You guys talking about "pie" be careful, it has a different meaning over on arfcom.:whistlin:

Bill, yeah, I want my hair back long and curled like years ago, only it doesn't grow back over night. I'm already past the date to have it cut again, so it is going to look worse before it looks better. I have a friend who does hair at her salon, and we are going to get together one day for a make over, just to see what can be done. My hair is still red, with a few silver ones here and there. Not bad at all.

Vicker - I am physical, too, but was so overwhelmed I couldn't think. I did run my hand down his arms looking at his tattoos, and oh, lordy, what smooth, fine skin he has, wooooo. 

oneraddad - naughty, naughty, :nono:

homebody - several hugs. Rides on the motorcycle, well, years ago he was married, and couldn't, then, up until now he had someone, and couldn't. We'll see what happens now, even though it is getting colder weather for riding. 

Bear in mind, yall, I come up to his house unexpected and unannounced, the last thing in the world he would have expected. It is about to rain, nearly dark, and he is relaxed with his dog, cat, and eating supper. He has had a major break up with some girl, and I betcha anything she started pushing him to get married, after going together for 7 years. He is not going to do that, after losing everything in the last divorce. He was not even letting her live in his house. He has put on weight, gone bald, and some other stuff going on in his life that he's told me about, worries, problems, and such. I come bebopping in, wishing him a happy birthday, which he wants to forget about. You know he has to be a bit confused and wondering "What?" Then, I get so intimidated by standing there with him that I can't think of anything I wanted to say or do. 

He was very interested in the things I'd gotten him along with the scotch, and I hope each time he looks at them he thinks about me. 

I am several years older than him. I don't know if he knows how much older or if he has reservations about it. I can be searched for online and my info is there, if he wants to look. I don't look my age. I don't feel my age. I feel good, told him I feel good, while doing a little footwork and moving around. 

He is an extrovert, always "up," always positive, he urges me to go and do things I want to do, his kids are doing well in very good jobs because they have a dad that encourages them to go get'em. He has a strong work ethic, and is moving up in his job.

He is just one heck of a guy, I think. Maybe he is just being cautious, and can't figure out the what and why about me after all this time. 

Why did I recontact him after all those years? It wasn't for lack of trying, running a search years ago was not as easy as it is now. It wasn't until I had a dream about him, a dream of him being in trouble, of fear for him, that I went back to the computer to try one more time. When I did, there he was, address, phone number, everything. 

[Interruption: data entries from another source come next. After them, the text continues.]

/// Returns the link that applies an operator to the result so far, with the number `right` as the
/// right operand.
fn link_with_right_operand(operator: Operator, right: Number) -> ChainLink
    ensures { (left : machine.Number)
        → operation_with_link result left ≡ machine.operation (operator_of operator) left (number_of right) }
{
    match operator {
        Operator::Sum => match right {
            Number::Literal(n) => ChainLink::SumWithLiteral(n),
            Number::Variable(v) => ChainLink::SumWithVariable(v),
            other => ChainLink::Other(Operator::Sum, other),
        },
        Operator::Difference => match right {
            Number::Literal(n) => ChainLink::DifferenceWithLiteral(n),
            Number::Variable(v) => ChainLink::DifferenceWithVariable(v),
            other => ChainLink::Other(Operator::Difference, other),
        },
        Operator::Product => match right {
            Number::Literal(n) => ChainLink::ProductWithLiteral(n),
            Number::Variable(v) => ChainLink::ProductWithVariable(v),
            other => ChainLink::Other(Operator::Product, other),
        },
        Operator::Quotient => match right {
            Number::Literal(n) => ChainLink::QuotientWithLiteral(n),
            Number::Variable(v) => ChainLink::QuotientWithVariable(v),
            other => ChainLink::Other(Operator::Quotient, other),
        },
        Operator::Remainder => match right {
            Number::Literal(n) => ChainLink::RemainderWithLiteral(n),
            Number::Variable(v) => ChainLink::RemainderWithVariable(v),
            other => ChainLink::Other(Operator::Remainder, other),
        },
    }
}

/// Returns the link that applies an operator with a variable as the left operand and the result so
/// far as the right operand. Returns None for a quotient or a remainder, which have no such link.
fn link_with_left_variable(operator: Operator, variable: Variable) -> Option<ChainLink>
    ensures { IfSome result (λ l. (right : machine.Number) → operation_with_link l right
        ≡ machine.operation (operator_of operator) (machine.cell (variable_of variable)) right) }
{
    match operator {
        Operator::Sum => Some(ChainLink::SumWithLeftVariable(variable)),
        Operator::Difference => Some(ChainLink::DifferenceWithLeftVariable(variable)),
        Operator::Product => Some(ChainLink::ProductWithLeftVariable(variable)),
        Operator::Quotient => None,
        Operator::Remainder => None,
    }
}

/// Returns the number that is a single operation: the link applied to the first operand.
fn single_operation(
    alloc: Global,
    first: FirstOperand,
    link: ChainLink,
) -> Result<Number, AllocError>
    ensures { IfOk result (λ n. number_of n ≡ operation_with_link link (first_operand_of first)) }
{
    Ok(Number::Operation(Box::new(alloc, Operation { first, link })?))
}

In that dream, I was told emphatically to find him and communicate with him. I had that dream two nights in a row. It was a dream full of dread and foreboding, that something bad was going to happen to him if I didn't get in touch with him. 

Sounds crazy, but that's what happened. I haven't even asked him if anything happened to him, or almost happen, or even about the dream. 

I think sometime later I will write to him again, and tell him about the dream and explain some things.


----------



## FarmboyBill (Aug 19, 2005)

Billy, With my 50% for sure, theres some in that 25 who will like long hair if it is on the POI. So I still stand by my thoughts that more men than not like women with long hair.


----------



## homebody (Jan 24, 2005)

Been thinking about all this, enough years have been wasted and gone forever, I'd strike now while the iron is hot, lay it out plain and simple to him and get my answer, not a maybe. Otherwise you will find yourself an old woman, still living a dream and NOT having taken a chance. Maybe he is dense but I doubt it, don't you think you deserve an honest answer?


----------



## vicker (Jul 11, 2003)

AmericanStand said:


> Or you could hold the door open for him and wait a few years.
> 
> Vicker if while you were standing there holding that door she had turned around and said you just did meet a girl like that now ask me out before the elevator gets here think how many year more happyness you would have gained.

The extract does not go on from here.